Could someone explain what difference between Object Storage and File Storage is please?
I read about Object Storage on wiki, also I read http://www.dell.com/downloads/global/products/pvaul/en/object-storage-overview.pdf, also I read amazons docs(S3), openstack swift and etc. But could someone give me an example to understand better?
All the difference is only that for 'object storage' objects we add more metadata?
For example how to store image like object using some programming language (for example python)?
Thanks.
IMO, Object storage has nothing to do with scale because someone could build a FS which is capable of storing a huge number of files, even in a single directory.
It is also not about the access methods. HTTP access to data in filesystems has been available in many well known NAS systems.
Storage/Access by OID is a way to handle data without bothering about naming it. It could be done on files too. I believe there is an NFS protocol extension that allows this.
I would muster this: Object storage is a (new/different) ''object centric'' way of thinking of data, its access and management.
Think about these points:
What are snapshots today? They are point in time copies of a volume. When a snapshot is taken, all files in the volume are snapped too. Whether all of them like it or not, whether all of them need it or not. A lot of space can get used(wasted?) for a complete volume snapshot while only a few files needed to be snapped.
In an object storage system, you will rarely see snapshots of volumes, objects will be snapshot-ed, perhaps automatically. This is object versioning. All objects need not be versioned, each individual object can tell if it is versioned.
How are files/volumes protected from a disaster? Typically, in a Disaster Recovery(DR) setup, entire volumes/volume-sets are setup for replication to a DR site. Again, this does not bother whether individual files want to be replicated or not. The unit of disaster protection is the volume. Files are small fry.

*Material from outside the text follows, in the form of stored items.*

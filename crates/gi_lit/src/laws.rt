//! Laws over the definitions, each the contract of a function that does nothing.

ghost use Rattle.gi_lit.specs.Laws.{ListsOfValuesSuffice, ConsequencesAreAmong, FailuresAreAmong, ImpliedClausesAreAmong, DerivationsAreSound, ConflictsAreSound, DerivedClausesAreTrue, ClosedListsAreWhole, ClosedListsAreFree, GuardsAreSound, ProblemsRestOnGuards, ClosuresAgree, ConflictsAgree, FreshClausesAreFew};

/// An assignment of n variables is a list of n values. Where literals are of variables from 1 to n,
/// what can be satisfied, what is a consequence, what fails and what is implied is the same over
/// those lists and over all.
pub fn lists_of_values_suffice()
    ensures satisfying { ListsOfValuesSuffice }
    ensures consequences { ConsequencesAreAmong }
    ensures failing { FailuresAreAmong }
    ensures implied { ImpliedClausesAreAmong }
{}

/// Unit closure is sound: what a derivation contains is a consequence of the clauses and of what is
/// given, and where the closure conflicts they fail together.
pub fn unit_closure_is_sound()
    ensures derivations { DerivationsAreSound }
    ensures conflicts { ConflictsAreSound }
{}

/// A clause under whose negation the unit closure conflicts is true wherever the clauses are.
pub fn derived_clauses_are_true()
    ensures { DerivedClausesAreTrue }
{}

/// A list that is closed under the clauses, without opposites, and has what is given, has every
/// literal of every derivation, and then the unit closure doesn't conflict.
pub fn closed_lists_are_whole()
    ensures whole { ClosedListsAreWhole }
    ensures free { ClosedListsAreFree }
{}

/// What fails over the full clauses of a well formed problem under some literals fails over the
/// clauses that are in force under them.
pub fn guards_are_sound()
    ensures { GuardsAreSound }
{}

/// Where a problem is well formed, guards stand negative alone in its full clauses. A clause that
/// is in force is of problem variables, and is a full clause less negative literals of guards that
/// are given; each other full clause has the negative literal of an active guard that isn't given.
pub fn problems_rest_on_guards()
    ensures { ProblemsRestOnGuards }
{}

/// Under literals that may be assumed, the unit closure of the full clauses of a well formed
/// problem and that of its clauses in force have the same problem literals, and the one conflicts
/// exactly where the other does.
pub fn closures_agree()
    ensures literals { ClosuresAgree }
    ensures conflicts { ConflictsAgree }
{}

/// Clauses over n variables, each of them fresh after those before it, are at most 3^n.
pub fn fresh_clauses_are_few()
    ensures { FreshClausesAreFew }
{}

In an object storage system, DR is not volume centric. Object metadata can decide how many copies should exist and where(geo locations/fault domains).
Similarly for other features:
Tiering - Objects placed in storage tiers/classes based on its metadata independent of other unrelated objects.
Life - Objects move between tiers, change the number of copies, etc, individually, instead of as a group.
Authentication - Individual objects can get authenticated from different authentication domains if required.
As you can see, the change in thinking is that in an object store, everything is about an object.
Contrast this with the traditional way of thinking about and management and access larger containers like volumes(containing files) is not object storage.
The features above and their object-centric-ness fits well with the requirements of unstructured data and hence the interest.
If a storage system is object(or file) centric instead of volume centric in its thinking, (irrespective of the access protocol or the scale,) it is an object storage system.